• **Exercise**
Only lines below containing the string "Option" should be counted; please give that count by itself.

----- Dataset excerpts -----

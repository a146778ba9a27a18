// Replies in words, and stats (stat(5)).

use crate::error::RunErr;
use std::alloc::Global;
use tree_model::{Qid, Refusal, Reply};
use vault_path::VaultPath;

/// What a stat says of its node.
#[derive(Clone, Copy)]
pub(crate) struct Node<'a> {
    pub qid: Qid,
    pub modified: u32,
    pub length: u64,
    pub name: &'a str,
}

fn u16_at(bytes: &[u8], at: usize) -> Option<u16> {
    Some(u16::from_le_bytes(*bytes.get(at..)?.first_chunk::<2>()?))
}

fn u32_at(bytes: &[u8], at: usize) -> Option<u32> {
    Some(u32::from_le_bytes(*bytes.get(at..)?.first_chunk::<4>()?))
}

fn u64_at(bytes: &[u8], at: usize) -> Option<u64> {
    Some(u64::from_le_bytes(*bytes.get(at..)?.first_chunk::<8>()?))
}

/// The node of the first stat, and what follows that.
pub(crate) fn first_node(bytes: &[u8]) -> Option<(Node<'_>, &[u8])> {
    let end = usize::from(u16_at(bytes, 0)?).saturating_add(2);
    let stat = bytes.get(..end)?;
    let name_len = usize::from(u16_at(stat, 41)?);
    let name = stat.get(43..)?.get(..name_len)?;
    let node = Node {
        qid: Qid {
            kind: *stat.get(8)?,
            version: u32_at(stat, 9)?,
            path: u64_at(stat, 13)?,
        },
        modified: u32_at(stat, 29)?,
        length: u64_at(stat, 33)?,
        name: str::from_utf8(name).ok()?,
    };
    Some((node, bytes.get(end..)?))
}

fn qid_words(alloc: Global, qid: &Qid) -> Result<String, RunErr> {
    let kind = if qid.kind == Qid::DIRECTORY {
        "dir"
    } else {
        "file"
    };
    Ok(format!(in alloc; "{kind} {} version {}", qid.path, qid.version)?)
}

fn place_words(alloc: Global, path: &VaultPath) -> Result<String, RunErr> {
    let mut text = String::from_str(alloc, "refused PlaceTaken")?;
    for index in 0..path.len() {
        text.push_str(if index == 0 { " " } else { "/" })?;
        text.push_str(str::from_utf8(path.part(index)).map_err(|_| RunErr::Stats)?)?;
    }
    Ok(text)
}

/// A reply in words, if `buffer` has its bytes.
pub(crate) fn words(alloc: Global, reply: &Reply, buffer: &[u8]) -> Result<String, RunErr> {
    match reply {
        Reply::Qid(qid) => qid_words(alloc, qid),
        Reply::Stat(_) => {
            let (node, _) = first_node(buffer).ok_or(RunErr::Stats)?;
            let qid = qid_words(alloc, &node.qid)?;
            Ok(format!(in alloc; "{qid} modified {} length {}", node.modified, node.length)?)
        }
        Reply::Refused(Refusal::PlaceTaken(path)) => place_words(alloc, path),
        Reply::Refused(refusal) => Ok(format!(in alloc; "refused {refusal:?}")?),
        Reply::Count(count) => Ok(format!(in alloc; "count {count}")?),
        Reply::Walked { count, .. } => Ok(format!(in alloc; "walked {count}")?),
        Reply::Done => Ok(String::from_str(alloc, "done")?),
    }
}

-----

• **Response**
4